1.2 蛋白质组分鉴定技术—生物质谱 质谱（mass spectrometry，MS）技术被广泛应用到对蛋白质的鉴定中，为我们分析复杂蛋白质样品提供了较好的平台，而且质谱技术近年来取得了飞速发展，其中，最为引人关注的进展是三位研究人员（Fenn，Tanaka，Wuthrich）因将质谱及核磁共振技术应用于对生物大分子物质的分析而获得了2002年度的诺贝尔化学奖[8]。MS的基本原理为将待测样品分子离子化后，由于不同物质具有不同的离子质荷比(m/z)，根据其差异来分离并确定这些物质的分子量（Mr）。通常情况下，质谱仪主要包括离子源、质量分析器和检测器三个部分。常用的离子化方式为电喷雾离子化（ESI）和基质辅助激光解吸附离子化（MALDI），而常用的质量分析器为四级杆（Q）、飞行时间（TOF）、离子肼（IT）以及傅里叶变换离子回旋共振（FTICR），它们既可单独也可串联起来使用。基质辅助的激光解析电离—飞行时间质谱（MALDI-TOF-MS）方法常用于肽质量指纹图谱（PMF）技术。在PMF技术中，待测样品中的蛋白质需先用蛋白酶酶切，然后用MALDI-TOFMS对肽混合物质量进行测定而得到一套肽质量图谱，最后将该图谱与数据库中的蛋白质理论酶解肽质量图谱进行对比来对蛋白质定性。串联质谱ESI-MS/MS方法常用于肽序列标签技术（PST），在该方法中，经一级质谱产生肽段，从中选择母离子进入二级质谱，肽段经惰性气体碰撞后沿肽链发生断裂并产生了各肽段质量数值差值，通过该值推断肽段序列并进行数据库检索从而获得肽段的氨基酸序列。随着技术的不断发展，质谱技术不仅可以用于蛋白质序列的鉴定，还可用于定量蛋白质组学分析、对蛋白质翻译后修饰的研究以及用来研究蛋白质之间的相互作用。

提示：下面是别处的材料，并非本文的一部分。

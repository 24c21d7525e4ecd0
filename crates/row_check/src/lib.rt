//! The world that rows open to, and the tags at which rows aren't those of that world: `docs/rows.md`, "Opening".
#![tactic(auto)]

mod alone;
mod boots;
mod eras;
mod files;
mod fronts;
mod keeping;
mod kept;
mod kept_laws;
#[cfg(test)]
mod kept_tests;
mod laws;
mod opened;
mod sessions;
mod settled;
mod tags;
#[cfg(test)]
mod tests;
mod watches;

pub use alone::is_right_alone;
pub use boots::{Boots, opened_boots};
pub use kept::{KeptTags, kept_tags};
pub use kept_laws::{kept_rows_are_those_of_eras, kept_rows_are_what_sessions_keep};
pub use laws::{files_are_those_of_kept_modules, names_have_what_sessions_give};
pub use opened::{BadRows, OpenedRows, open_rows};
pub use sessions::opened_sessions;
pub use settled::{SettledTags, settled_tags};
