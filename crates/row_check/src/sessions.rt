//! The sessions that rows open to.
ghost use Rattle.std.specs.Prelude.{◌≡◌, Some, IfOk};
ghost use Rattle.std.specs.Option.{is_some};
ghost use Rattle.std.specs.FinMap as fin;
ghost use Rattle.apex_world.specs.Opened.{opened_sessions};
ghost use Rattle.row_key.specs.RowBytes.{FitRows};
ghost use Rattle.row_check.specs.RowSessions.{sessions_in, left_after, left_after_all};
ghost use Rattle.row_key.specs.Records.{record_in_entry};
ghost use Rattle.row_check.specs.SettledTags.{Tells};

use apex_base::Record;
use row_key::{RECORD, has_tag, known_bytes, record_in_entry};
use row_map::Rows;
use std::alloc::{AllocError, Global};

/// The sessions that the rows of tag 2 spell, in the order of their keys.
fn sessions_in(alloc: Global, rows: &Rows) -> Result<Vec<Record>, AllocError>
    ensures { IfOk result (λ found. (found.items ≡ sessions_in (fin.entries rows.now))
        × FitRows (fin.entries rows.now)) }
{
    let mut sessions = Vec::new(alloc);
    for (key, value) in rows.by_key() {
        if let Some(found) = record_in_entry(alloc, key.as_slice(), value.as_slice())? {
            sessions.push(found)?;
        }
    }
    Ok(sessions)
}

/// The sessions of the world that the rows open to, ascending by id.
pub fn opened_sessions(alloc: Global, rows: &Rows) -> Result<Vec<Record>, AllocError>
    ensures { IfOk result (λ found. found.items ≡ opened_sessions rows.now) }
{
    sessions_in(alloc, rows)
}

/// Whether the rows of tag 2 are those of the world that all rows open to. They are if as many sessions were opened, so
/// that no record is decoded again.
pub(crate) fn are_right_sessions(rows: &Rows, sessions: &[Record]) -> bool
    requires { sessions.now ≡ opened_sessions rows.now }
    ensures { Tells rows.now 2 result }
{
    are_enough(rows, sessions.len())
}

/// Whether there are no more rows of tag 2 than sessions.
fn are_enough(rows: &Rows, sessions: usize) -> bool
    ensures enough { result ≡ is_some (left_after_all (Some sessions) (fin.entries rows.now)) }
    ensures fits { FitRows (fin.entries rows.now) }
{
    let mut left = Some(sessions);
    for (key, value) in rows.by_key() {
        known_bytes(key.as_slice(), value.as_slice());
        left = left_after(left, key.as_slice());
    }
    left.is_some()
}

/// How many sessions are left after a row, if there were enough.
fn left_after(left: Option<usize>, key: &[u8]) -> Option<usize>
    ensures { result ≡ left_after left key.now }
{
    let left = left?;
    if has_tag(key, RECORD) {
        left.checked_sub(1)
    } else {
        Some(left)
    }
}
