//! What names had before boots, by the rows of what sessions keep: `docs/rows.md`, "Opening".
ghost use Rattle.std.specs.Prelude.{◌≡◌, ◌++◌, ◌&&◌, ◌<◌, ◌^◌, ℕ, List, map, Some, None, IfOk, OnOk, if◌then◌else◌};
ghost use Rattle.std.specs.FinMap as fin;
ghost use Rattle.std.specs.Option.{option_or};
ghost use Rattle.apex_base.specs.Text.{is_name};
ghost use Rattle.row_map.specs.Room.{same_key};
ghost use Rattle.row_check.specs.KeptRows.{is_boot, AreEras, HaveBoots};
ghost use Rattle.row_check.specs.EraSteps.{Adds, kept_of_name, kept_of_parts};
ghost use Rattle.row_check.specs.EraSteps.{kept_of_session, kept_of_all};

use crate::fronts::{era_front, has_rows, joined, rows_after};
use apex_base::{Bytes, Name, Record};
use row_key::{PRE_RESTORE, SNAPSHOT, kept_front};
use row_map::Rows;
use std::alloc::{AllocError, Global};

/// Rows of what sessions keep: all rows, the number of boots that they open to, and the tag of those that count.
#[derive(Drop)]
struct Source<'a> {
    rows: &'a Rows,
    boots: u32,
    tag: u8,
}

/// What names had before boots, each value under the boot, the name and the key. It reads each row of what sessions
/// keep once for each part of its session that has the row's name, and copies each value that counts. A tag
/// that no row has takes one look-up.
pub(crate) fn era_values(
    alloc: Global,
    rows: &Rows,
    sessions: &[Record],
    boots: u32,
) -> Result<Rows, AllocError>
    ensures eras { IfOk result (AreEras rows.now sessions.now boots) }
    ensures boots { OnOk result (HaveBoots sessions.now) }
{
    known_boots(sessions);
    let mut values = Rows::new(alloc);
    let snapshots = Source {
        rows,
        boots,
        tag: SNAPSHOT,
    };
    add_all(alloc, &snapshots, sessions, &mut values)?;
    let pre_restores = Source {
        rows,
        boots,
        tag: PRE_RESTORE,
    };
    add_all(alloc, &pre_restores, sessions, &mut values)?;
    Ok(values)
}

/// States for proofs that the boots that activated these sessions are within the range of boots. It changes nothing.
fn known_boots(sessions: &[Record])
    ensures { HaveBoots sessions.now }
{
    for r in sessions {
        known_boot(r.activation);
    }
}

fn known_boot(boot: u32)
    ensures { boot < 2 ^ 32 }
{}

/// Adds what sessions keep under the tag, where there was no value before.
#[tactic(auto, using(crate::proofs::EraParts::adds_none))]
fn add_all(
    alloc: Global,
    source: &Source,
    sessions: &[Record],
    values: &mut Rows,
) -> Result<(), AllocError>
    ensures { OnOk result (Adds values.old values.new (kept_of_all source.now.rows.now source.now.boots source.now.tag sessions.now)) }
{
    if has_rows(alloc, source.rows, &[source.tag])? {
        add_sessions(alloc, source, sessions, values)
    } else {
        Ok(())
    }
}

/// Adds what each session keeps.
fn add_sessions(
    alloc: Global,
    source: &Source,
    sessions: &[Record],
    values: &mut Rows,
) -> Result<(), AllocError>
    ensures { OnOk result (Adds values.old values.new (kept_of_all source.now.rows.now source.now.boots source.now.tag sessions.now)) }
{
    for r in sessions {
        add_session(alloc, source, r, values)?;
    }
    Ok(())
}

/// Adds what a session keeps, if a boot activated it.
fn add_session(
    alloc: Global,
    source: &Source,
    r: &Record,
    values: &mut Rows,
) -> Result<(), AllocError>
    ensures { OnOk result (Adds values.old values.new (kept_of_session source.now.rows.now source.now.boots source.now.tag r.now)) }
{
    if is_boot(source.boots, r.activation) {
        add_names(alloc, source, r, values)
    } else {
        Ok(())
    }
}

/// Adds what a session keeps of the names of its parts.
fn add_names(
    alloc: Global,
    source: &Source,
    r: &Record,
    values: &mut Rows,
) -> Result<(), AllocError>
    ensures { OnOk result (Adds values.old values.new (kept_of_parts source.now.rows.now source.now.tag r.now r.now.parts)) }
{
    for p in r.parts.as_slice() {
        add_name(alloc, source, r, &p.name, values)?;
    }
    Ok(())
}

/// Adds what a session keeps of a name.
fn add_name(
    alloc: Global,
    source: &Source,
    r: &Record,
    name: &Name,
    values: &mut Rows,
) -> Result<(), AllocError>
    ensures { OnOk result (Adds values.old values.new (kept_of_name source.now.rows.now source.now.tag r.now name.now)) }
{
    let kept = kept_front(alloc, source.tag, r.id, name)?;
    let front = era_front(alloc, r.activation, name)?;
    for row in rows_after(alloc, source.rows, kept.as_slice())?.as_slice() {
        add_value(alloc, front.as_slice(), row.key, row.value, values)?;
    }
    Ok(())
}

/// Adds a value under a key after this front, if that is one and has no value.
fn add_value(
    alloc: Global,
    front: &[u8],
    key: &[u8],
    value: &[u8],
    values: &mut Rows,
) -> Result<(), AllocError>
    ensures { OnOk result ((q : List ℕ) → fin.get values.new q ≡ option_or (fin.get values.old q)
        (if is_name key.now && same_key q (front.now ++ key.now) then Some value.now else None)) }
{
    if is_name(key) {
        add(values, joined(alloc, front, key)?, value.to_vec(alloc)?)
    } else {
        Ok(())
    }
}

/// Adds a value at a key that has none.
fn add(values: &mut Rows, key: Vec<u8>, value: Vec<u8>) -> Result<(), AllocError>
    ensures { OnOk result ((q : List ℕ) → fin.get values.new q ≡ option_or (fin.get values.old q)
        (if same_key q key.items then Some value.items else None)) }
{
    if values.has(key.as_slice()) {
        Ok(())
    } else {
        values.put(key, Bytes::of(value))
    }
}

fn is_boot(boots: u32, boot: u32) -> bool
    ensures { result ≡ is_boot boots boot }
{
    boot != 0 && boot <= boots
}

fn is_name(text: &[u8]) -> bool
    ensures { result ≡ is_name text.now }
{
    Name::read(text).is_some()
}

1.3 蛋白质组生物信息学分析 生物信息学（Bioinformatics）是一门利用计算机科学技术实现对生物系统规律进行研究的学科，其研究的主要内容为基因组学（Genomics）和蛋白质组学（Promomics）两方面[9]，具体来说就是从核酸碱基序列和蛋白质氨基酸序列出发，分析这些序列中所蕴涵的生物信息。截止2006年，生物学数据库总数已达500多个，其中包含300个左右的蛋白质数据库[10]，这些数据库主要用于对双向电泳结果进行分析以及对蛋白质序列进行分析。作为蛋白质组学研究主要内容之一，基于双向电泳图片的数据库的主要特点为：数据具有直观性；在蛋白质双向电泳图片的基础上整合了蛋白质序列、结构以及功能等信息[11]。常用的该类数据库主要有：SWISS—2DPAGE、GELBANK、ECO—2DBASE、The Rice Proteome Databas、YPD等等。作为生物信息学数据库中最基本的数据库，基于蛋白质序列信息的数据库主要包括：①主要用于蛋白质序列测定的蛋白质序列数据库，包括：未经过信息纠正的蛋白质信息资源数据库PIR，具有高可信度的SWISS—PROT数据库等等；②主要用于蛋白质结构分析的蛋白质结构数据库，包括：预测蛋白质三维结构的PDB，阐明蛋白质结构与进化关系的SCOP，对PDB数据库中信息进行汇总分析的PDBsum；③主要用于蛋白质功能鉴定的蛋白质功能数据库，包括：GO分析，其从分子功能（MF）、生物过程（BP）以及细胞组分（CC）三个方面对蛋白质进行分类。KEGG由基因、通路、配体化学反应、序列相似性、基因表达以及蛋白分子相互关系六个数据库组成，帮助研究者整合基因和表达信息，使其作为一个整体网络从宏观上来进行研究。

2 日本血吸虫蛋白质组学研究进展

2.1 日本血吸虫尾蚴蛋白质组学研究 尾蚴是血吸虫生活史中唯一一个具有感染性的阶段，经射线致弱的血吸虫尾蚴免疫动物，可诱导动物产生高水平的保护性免疫力，是目前公认的诱导保护效果最高、最稳定的抗血吸虫病疫苗。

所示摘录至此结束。